Public health consequences of Islamophobia
Donald Trump has built his presidential campaign on demonizing immigrant and religious minorities without regard for the damage he instills. At Tuesday night's Republican presidential debate it was more of the same. In the wake of Trump's anti-Muslim rhetoric, there have been a record number of threats, harassment and vandalism to mosques, as well as attacks on individuals perceived to be Muslim. Muslim-Americans report feeling fearful, and anxious for themselves and their families. It is a difficult time for law-abiding Muslims in America.
Two decades of public health scholarship confirms that this type of hatred directed at one group of people, along with the harassment, discrimination and segregation that follow, has a pernicious impact on health. Hatred stigmatizes and marginalizes its targets, limits access to life's opportunities and reduces the freedom to freely partake in life's enjoyments. It can incite threats and violence and internalized self-hatred. The constant stress of being targeted risks cardiovascular disease, hypertension, anxiety and depression. As the nation aspires to achieve health equity, the impact of Trump's disparaging divisive rhetoric will exacerbate troublesome health disparities.
Beginning on the day he launched his campaign with a speech vilifying Mexican Americans as drug traffickers, criminals and rapists, Donald Trump's presidential run has championed intolerance and demagoguery.
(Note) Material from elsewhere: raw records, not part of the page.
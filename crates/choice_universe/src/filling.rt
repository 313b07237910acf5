ghost use Rattle.std.specs.Prelude.{◌≡◌, ◌++◌, ◌∷◌, [], List, ℕ, None, OnOk, bytes_eq};
ghost use Rattle.std.specs.Prelude.{if◌then◌else◌};
ghost use Rattle.pkg_state.specs.Consistent.{AreApart};
ghost use Rattle.pkg_state.specs.Package.{Package, line_of};
ghost use Rattle.pkg_state.specs.State.{on_line};
ghost use Rattle.choice_tree.specs.Views.{offer_of};
ghost use Rattle.choice_universe.specs.Filled.{IsFilled, found, offer_found};
ghost use Rattle.choice_universe.specs.Offers.{variants_of};

use crate::candidate::Candidate;
use choice_tree::Offer;
use pkg_state::{LineName, Pkg, copy_package};
use std::alloc::{AllocError, Global};
use std::collections::BTreeMap;

fn add_one_installed(
    alloc: Global,
    offers: &mut BTreeMap<LineName, Offer>,
    one: &Pkg,
) -> Result<(), AllocError>
    ensures { OnOk result ((before : List Package) → IsFilled before [] offers.old.entries →
        on_line before (line_of one.now.facts) ≡ None →
        IsFilled (before ++ one.now ∷ []) [] offers.new.entries) }
{
    let line = one.line(alloc)?;
    let copy = copy_package(one)?;
    let offer = Offer {
        installed: Some(copy),
        variants: Vec::new(alloc),
    };
    offers.insert(line, offer)?;
    Ok(())
}

/// Puts installed packages on their lines, where nothing is offered yet.
pub(crate) fn add_installed(
    alloc: Global,
    offers: &mut BTreeMap<LineName, Offer>,
    installed: &[Pkg],
) -> Result<(), AllocError>
    requires { AreApart installed.now }
    ensures { OnOk result (IsFilled [] [] offers.old.entries →
        IsFilled installed.now [] offers.new.entries) }
{
    for one in installed {
        add_one_installed(alloc, offers, one)?;
    }
    Ok(())
}

/// Takes the offer of a line out. Where there is none yet, it offers nothing.
fn take_offer(alloc: Global, offers: &mut BTreeMap<LineName, Offer>, line: &LineName) -> Offer
    ensures offer { offer_of result ≡ offer_found (found offers.old.entries line.now) }
    ensures others { (q : List ℕ) → found offers.new.entries q ≡
        (if bytes_eq line.now q then None else found offers.old.entries q) }
{
    match offers.remove(line) {
        Some(offer) => offer,
        None => Offer {
            installed: None,
            variants: Vec::new(alloc),
        },
    }
}

fn add_variant(
    alloc: Global,
    offers: &mut BTreeMap<LineName, Offer>,
    variant: Pkg,
) -> Result<(), AllocError>
    ensures { OnOk result ((installed before : List Package) →
        IsFilled installed before offers.old.entries →
        IsFilled installed (before ++ variant ∷ []) offers.new.entries) }
{
    let line = variant.line(alloc)?;
    let mut offer = take_offer(alloc, offers, &line);
    offer.variants.push(variant)?;
    offers.insert(line, offer)?;
    Ok(())
}

fn add_variants(
    alloc: Global,
    offers: &mut BTreeMap<LineName, Offer>,
    variants: Vec<Pkg>,
) -> Result<(), AllocError>
    ensures { OnOk result ((installed before : List Package) →
        IsFilled installed before offers.old.entries →
        IsFilled installed (before ++ variants.items) offers.new.entries) }
{
    for variant in variants {
        add_variant(alloc, offers, variant)?;
    }
    Ok(())
}

/// Puts the variants of all candidates on their lines, behind those that are there.
pub(crate) fn add_candidates(
    alloc: Global,
    offers: &mut BTreeMap<LineName, Offer>,
    candidates: Vec<Candidate>,
) -> Result<(), AllocError>
    ensures { OnOk result ((installed : List Package) →
        IsFilled installed [] offers.old.entries →
        IsFilled installed (variants_of candidates.items) offers.new.entries) }
{
    for candidate in candidates {
        add_variants(alloc, offers, candidate.variants)?;
    }
    Ok(())
}
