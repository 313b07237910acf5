//! What the grammars of dependency specifications and of REQUIRED_USE share: the words of a text
//! with their places, what a word is to a text of groups, and trees of groups over leaves of any
//! kind: their truth, their printed words, and the reading of such words.
//!
//! **A contract sees** a text as its words, and trees over any kind of leaf.
//!
//! **Proved**: of each kind of text (a [`Node`]) a text is read exactly where it writes trees in
//! form, and any other text is refused with its first fault, which is said in terms of words and
//! trees alone (`specs/Faults.antt`). The printed words of a tree read as that tree, and what reads
//! as a tree are the tree's printed words.
//!
//! **Only tested**: the shapes of words, and where they stand.
//!
//! ```
//! let words = words(alloc, text)?;
//! let trees = read_text(alloc, text)?;
//! ```
#![tactic(auto)]

mod law;
mod print;
mod reader;
mod shape;
mod text;
mod token;
mod word;

pub use law::{printed_trees_are_read, read_trees_are_printed, replaced_tokens_are_read_alike};
pub use print::{push_condition, push_word};
pub use reader::Node;
pub use shape::{Shape, flag_of, shape_of};
pub use text::{flag, read_text};
pub use token::{GroupFault, Opener, Token};
pub use word::{Word, place, words};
He now has the Muslim community in his cross-hairs. making false and discredited claims that a group of thousands of people with a "heavy Arab population" cheered as the Twin Towers collapsed He has suggested a Muslim American registry, the closure and monitoring of mosques and a plan to ban Muslims from entering the U.S.
Authorities report bomb threats and death threats made to mosques, the beating of a Muslim store owner by a customer who reportedly said "I'll kill Muslims", vandalism, fire at a Somali restaurant, and a severed pig's head left outside a mosque. "A pigs head at a mosque in Philadelphia, a girl harassed at a school in New York, hate mail sent to a New Jersey mosque … I can't event count the amount of hate mail and threats we have received," said Ibrahim Hooper, a spokesman for the nation's largest Muslim civil rights group Council for American-Islamic Relations (CAIR). A few days ago the CAIR D.C. headquarters of was evacuated after staff opened a hate-filled letter containing a suspicious substance.
Public health scholars have developed a large body of research showing this type of hate-based activity has a damaging and pervasive effect on the physical and mental health of populations. Experiences of racial discrimination and racism have frequently been associated with negative psychological outcomes, such as anxiety, depression and psychological distress. Increased hypertension in African Americans has been linked to racial discrimination. Racial segregation has been associated with poor pregnancy outcomes in African American women.
Harassment and discrimination based on sexual orientation show similar negative health outcomes. A study of lesbian, gay, bisexual, transgendered (LGBT) high school students living in Boston neighborhoods with high incidents of LGBT assault found the teens were significantly more likely to report suicidal ideation or attempts. Another study found that sexual minorities living in high prejudice areas had an increased risk of mortality compared to people living in more accepting communities.
A few researchers have explored the impact of Islamophobia on the mental and physical health of Muslims. The Runnymede Trust, an independent race equality think tank in the United Kingdom, issued the influential report in 1997, Islamophobia – a Challenge for Us All, to understand the impact and extent of Anti-Muslim prejudice in England. They noted a significant social exclusion and exposure to physical violence and harassment with the consequence that Muslims were not able to play a full part in society.
Two more recent studies evaluating the impact of anti-Muslim discrimination focused on health changes since 9/11. A study of members of the British Muslim community before and after 9/11 showed exposure to the increase in anti-Muslim discrimination worsened blood pressure, cholesterol, BMI and self-assessed general health. A similar study of Arab Americans in Detroit found post 9/11 abuses and discrimination were associated with increased psychological distress, reduced levels of happiness, and worse health status.
To be sure, Trump is not the only presidential candidate or politician engaged in anti-Muslim hate rhetoric. Jeb Bush has said he would allow Christian refugees from Syria in the country—but not Muslims. Ben Carson has said he would not support a Muslim for president because faith might not be "consistent" with the U.S. Constitution. Ted Cruz has attended numerous events sponsored by anti-Muslim hate groups. But Trump's extremism and its widespread media coverage has led other candidates to worsen their campaign rhetoric and immigration proposals to keep up.
It may be, as the on line news source Vox suggests, Trump's rhetoric is a politically motivated ploy to keep himself in the middle of a media firestorm and feed the fear of his followers. It may be his way to distinguish himself from his fellow candidates as a "straight talker." No matter. He spews hatred which begets more hatred and causes real health related harm to the communities he slanders.
Nan Feyler, JD, MPH, is the Phyllis W. Beck Professor of Law at Temple University Beasley School of Law.